→ Your task: Please determine the number of lines in the material below that contain the word "filename", and state it alone.

= = = =

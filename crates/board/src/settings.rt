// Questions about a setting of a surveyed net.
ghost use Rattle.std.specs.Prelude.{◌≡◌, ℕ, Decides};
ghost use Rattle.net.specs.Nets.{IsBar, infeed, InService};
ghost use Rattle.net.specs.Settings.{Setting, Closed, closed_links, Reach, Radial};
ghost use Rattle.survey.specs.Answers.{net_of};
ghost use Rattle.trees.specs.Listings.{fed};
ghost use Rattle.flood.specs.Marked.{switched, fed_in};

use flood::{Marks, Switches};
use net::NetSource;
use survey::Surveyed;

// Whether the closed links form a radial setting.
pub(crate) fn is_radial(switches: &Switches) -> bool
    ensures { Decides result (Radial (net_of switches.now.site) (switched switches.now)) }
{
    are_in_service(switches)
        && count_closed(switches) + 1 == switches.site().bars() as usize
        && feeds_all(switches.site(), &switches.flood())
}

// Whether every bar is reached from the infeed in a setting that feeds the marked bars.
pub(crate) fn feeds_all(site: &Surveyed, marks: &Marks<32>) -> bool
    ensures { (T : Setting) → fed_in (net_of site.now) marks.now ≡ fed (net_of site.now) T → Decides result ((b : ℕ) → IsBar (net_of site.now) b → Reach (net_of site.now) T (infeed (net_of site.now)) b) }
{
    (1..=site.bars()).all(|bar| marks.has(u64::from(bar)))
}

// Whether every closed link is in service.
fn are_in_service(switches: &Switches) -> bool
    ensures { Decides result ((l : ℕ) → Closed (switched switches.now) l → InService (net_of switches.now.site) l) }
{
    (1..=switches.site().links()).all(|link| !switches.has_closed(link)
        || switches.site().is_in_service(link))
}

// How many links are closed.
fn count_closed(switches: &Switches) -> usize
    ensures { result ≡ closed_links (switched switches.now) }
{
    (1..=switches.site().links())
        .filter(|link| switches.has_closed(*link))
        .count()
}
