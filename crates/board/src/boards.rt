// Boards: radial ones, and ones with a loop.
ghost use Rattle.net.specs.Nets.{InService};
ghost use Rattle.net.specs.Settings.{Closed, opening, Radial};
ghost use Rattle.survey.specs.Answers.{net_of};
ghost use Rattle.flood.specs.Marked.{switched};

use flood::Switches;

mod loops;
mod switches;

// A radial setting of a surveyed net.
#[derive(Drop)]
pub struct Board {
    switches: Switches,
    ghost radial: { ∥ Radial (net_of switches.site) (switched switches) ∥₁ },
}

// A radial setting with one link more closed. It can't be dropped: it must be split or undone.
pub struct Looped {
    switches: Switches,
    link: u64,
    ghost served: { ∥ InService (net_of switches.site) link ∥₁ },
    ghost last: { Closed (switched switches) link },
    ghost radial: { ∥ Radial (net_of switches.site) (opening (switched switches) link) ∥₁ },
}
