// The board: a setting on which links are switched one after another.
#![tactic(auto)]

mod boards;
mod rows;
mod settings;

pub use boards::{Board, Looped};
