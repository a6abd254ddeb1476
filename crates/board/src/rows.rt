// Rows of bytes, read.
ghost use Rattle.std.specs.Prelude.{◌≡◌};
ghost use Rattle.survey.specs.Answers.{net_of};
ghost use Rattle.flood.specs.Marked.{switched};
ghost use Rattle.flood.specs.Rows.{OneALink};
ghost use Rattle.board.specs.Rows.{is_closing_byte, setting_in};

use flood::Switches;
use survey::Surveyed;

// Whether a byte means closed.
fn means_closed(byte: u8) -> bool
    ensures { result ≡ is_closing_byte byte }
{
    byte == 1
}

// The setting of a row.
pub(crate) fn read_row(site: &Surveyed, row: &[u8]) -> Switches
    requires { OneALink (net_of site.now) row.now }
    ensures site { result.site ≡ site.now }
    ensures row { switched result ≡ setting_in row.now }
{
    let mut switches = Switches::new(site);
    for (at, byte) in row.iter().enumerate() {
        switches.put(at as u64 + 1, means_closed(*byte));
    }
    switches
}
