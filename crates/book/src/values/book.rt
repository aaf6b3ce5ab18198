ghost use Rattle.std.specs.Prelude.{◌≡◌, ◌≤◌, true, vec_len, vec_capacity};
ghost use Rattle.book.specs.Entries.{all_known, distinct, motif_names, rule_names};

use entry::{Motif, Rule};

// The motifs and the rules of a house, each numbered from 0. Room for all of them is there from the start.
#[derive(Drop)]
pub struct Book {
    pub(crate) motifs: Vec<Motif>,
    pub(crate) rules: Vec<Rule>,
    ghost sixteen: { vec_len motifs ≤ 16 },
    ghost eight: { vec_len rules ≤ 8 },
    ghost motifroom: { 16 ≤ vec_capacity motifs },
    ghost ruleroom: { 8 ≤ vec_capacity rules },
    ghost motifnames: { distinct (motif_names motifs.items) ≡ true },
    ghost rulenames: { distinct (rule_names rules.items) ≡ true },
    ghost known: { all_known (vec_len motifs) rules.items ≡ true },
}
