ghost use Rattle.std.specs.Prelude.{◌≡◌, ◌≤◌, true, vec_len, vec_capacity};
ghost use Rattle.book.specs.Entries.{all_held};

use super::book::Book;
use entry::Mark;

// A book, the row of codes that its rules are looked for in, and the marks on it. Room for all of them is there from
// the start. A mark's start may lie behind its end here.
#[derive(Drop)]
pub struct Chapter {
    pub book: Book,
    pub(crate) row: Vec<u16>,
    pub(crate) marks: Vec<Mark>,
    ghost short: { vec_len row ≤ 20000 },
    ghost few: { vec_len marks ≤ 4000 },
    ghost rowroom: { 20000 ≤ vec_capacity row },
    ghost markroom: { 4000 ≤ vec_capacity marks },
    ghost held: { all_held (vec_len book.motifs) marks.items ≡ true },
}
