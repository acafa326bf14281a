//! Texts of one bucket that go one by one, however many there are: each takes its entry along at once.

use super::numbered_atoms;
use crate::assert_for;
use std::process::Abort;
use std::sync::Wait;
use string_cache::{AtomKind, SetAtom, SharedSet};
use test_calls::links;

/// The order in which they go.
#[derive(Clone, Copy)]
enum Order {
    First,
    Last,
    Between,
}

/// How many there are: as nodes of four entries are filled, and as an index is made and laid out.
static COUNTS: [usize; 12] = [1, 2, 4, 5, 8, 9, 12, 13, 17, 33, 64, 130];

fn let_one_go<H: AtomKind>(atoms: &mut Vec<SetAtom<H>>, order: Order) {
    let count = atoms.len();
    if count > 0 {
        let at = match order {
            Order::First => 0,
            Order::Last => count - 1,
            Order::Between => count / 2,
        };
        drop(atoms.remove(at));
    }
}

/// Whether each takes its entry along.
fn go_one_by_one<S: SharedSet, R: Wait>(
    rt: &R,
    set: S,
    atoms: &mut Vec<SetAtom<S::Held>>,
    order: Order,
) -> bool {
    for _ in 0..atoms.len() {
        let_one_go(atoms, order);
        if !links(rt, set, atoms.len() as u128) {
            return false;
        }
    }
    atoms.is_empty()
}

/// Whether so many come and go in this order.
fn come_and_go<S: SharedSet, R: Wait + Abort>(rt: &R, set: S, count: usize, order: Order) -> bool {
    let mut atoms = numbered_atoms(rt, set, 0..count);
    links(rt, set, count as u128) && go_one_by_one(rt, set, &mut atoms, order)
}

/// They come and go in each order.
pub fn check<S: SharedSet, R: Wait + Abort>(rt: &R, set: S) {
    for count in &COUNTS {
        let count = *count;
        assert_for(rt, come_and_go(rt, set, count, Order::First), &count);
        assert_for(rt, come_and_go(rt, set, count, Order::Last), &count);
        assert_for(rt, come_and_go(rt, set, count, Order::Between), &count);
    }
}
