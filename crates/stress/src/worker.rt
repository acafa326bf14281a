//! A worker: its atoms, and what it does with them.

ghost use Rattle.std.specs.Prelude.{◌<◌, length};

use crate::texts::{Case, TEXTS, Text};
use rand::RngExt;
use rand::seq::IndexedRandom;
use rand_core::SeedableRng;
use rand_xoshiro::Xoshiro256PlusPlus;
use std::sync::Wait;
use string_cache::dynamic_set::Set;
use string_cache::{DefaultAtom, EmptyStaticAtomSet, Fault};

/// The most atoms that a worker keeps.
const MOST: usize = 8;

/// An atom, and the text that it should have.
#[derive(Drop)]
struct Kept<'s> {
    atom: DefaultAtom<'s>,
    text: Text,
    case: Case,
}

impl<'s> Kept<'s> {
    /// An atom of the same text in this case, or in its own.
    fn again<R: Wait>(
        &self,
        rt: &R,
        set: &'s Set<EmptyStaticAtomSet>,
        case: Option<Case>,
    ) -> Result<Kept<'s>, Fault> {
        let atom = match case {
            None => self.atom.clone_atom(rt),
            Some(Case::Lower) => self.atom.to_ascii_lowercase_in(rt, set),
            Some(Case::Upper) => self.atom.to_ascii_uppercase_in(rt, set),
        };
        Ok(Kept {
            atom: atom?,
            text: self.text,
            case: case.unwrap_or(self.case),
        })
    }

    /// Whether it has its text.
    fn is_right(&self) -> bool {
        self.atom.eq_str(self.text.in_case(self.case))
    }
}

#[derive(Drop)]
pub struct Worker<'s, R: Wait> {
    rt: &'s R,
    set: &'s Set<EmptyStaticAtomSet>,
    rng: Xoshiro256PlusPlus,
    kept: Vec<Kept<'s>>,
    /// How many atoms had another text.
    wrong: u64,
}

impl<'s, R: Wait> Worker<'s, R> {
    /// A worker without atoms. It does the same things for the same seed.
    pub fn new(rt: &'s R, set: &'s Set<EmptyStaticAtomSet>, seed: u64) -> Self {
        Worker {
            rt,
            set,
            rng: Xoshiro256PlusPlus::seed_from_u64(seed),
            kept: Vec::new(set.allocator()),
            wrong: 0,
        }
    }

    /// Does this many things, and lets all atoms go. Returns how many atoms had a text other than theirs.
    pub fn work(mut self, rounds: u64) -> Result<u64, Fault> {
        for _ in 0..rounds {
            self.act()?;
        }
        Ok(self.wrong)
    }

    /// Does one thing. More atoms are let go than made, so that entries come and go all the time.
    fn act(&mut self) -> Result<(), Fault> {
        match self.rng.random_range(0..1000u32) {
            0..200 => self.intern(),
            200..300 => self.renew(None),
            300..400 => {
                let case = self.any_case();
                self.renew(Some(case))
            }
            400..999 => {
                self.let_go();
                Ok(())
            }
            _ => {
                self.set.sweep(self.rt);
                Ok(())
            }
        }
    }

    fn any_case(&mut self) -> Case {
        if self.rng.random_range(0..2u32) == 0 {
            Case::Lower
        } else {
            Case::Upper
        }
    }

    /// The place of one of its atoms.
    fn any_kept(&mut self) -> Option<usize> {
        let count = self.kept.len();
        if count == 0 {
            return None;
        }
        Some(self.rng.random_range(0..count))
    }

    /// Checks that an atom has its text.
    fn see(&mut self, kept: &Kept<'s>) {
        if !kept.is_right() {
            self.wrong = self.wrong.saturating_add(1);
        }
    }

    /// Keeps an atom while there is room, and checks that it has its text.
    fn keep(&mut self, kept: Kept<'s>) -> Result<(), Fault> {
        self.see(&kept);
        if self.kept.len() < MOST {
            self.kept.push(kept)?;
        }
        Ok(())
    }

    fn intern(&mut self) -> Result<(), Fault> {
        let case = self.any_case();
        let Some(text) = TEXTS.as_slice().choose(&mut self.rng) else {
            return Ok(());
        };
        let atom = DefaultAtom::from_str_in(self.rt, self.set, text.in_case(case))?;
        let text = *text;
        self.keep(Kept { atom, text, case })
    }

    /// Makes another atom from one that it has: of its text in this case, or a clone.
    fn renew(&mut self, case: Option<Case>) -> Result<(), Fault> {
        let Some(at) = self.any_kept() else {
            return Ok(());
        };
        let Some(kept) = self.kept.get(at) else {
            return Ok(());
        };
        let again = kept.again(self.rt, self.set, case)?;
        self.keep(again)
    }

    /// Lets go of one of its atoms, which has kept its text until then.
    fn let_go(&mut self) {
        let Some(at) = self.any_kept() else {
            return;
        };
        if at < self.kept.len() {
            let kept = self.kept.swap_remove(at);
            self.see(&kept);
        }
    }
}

= = = =

→ Task result: 5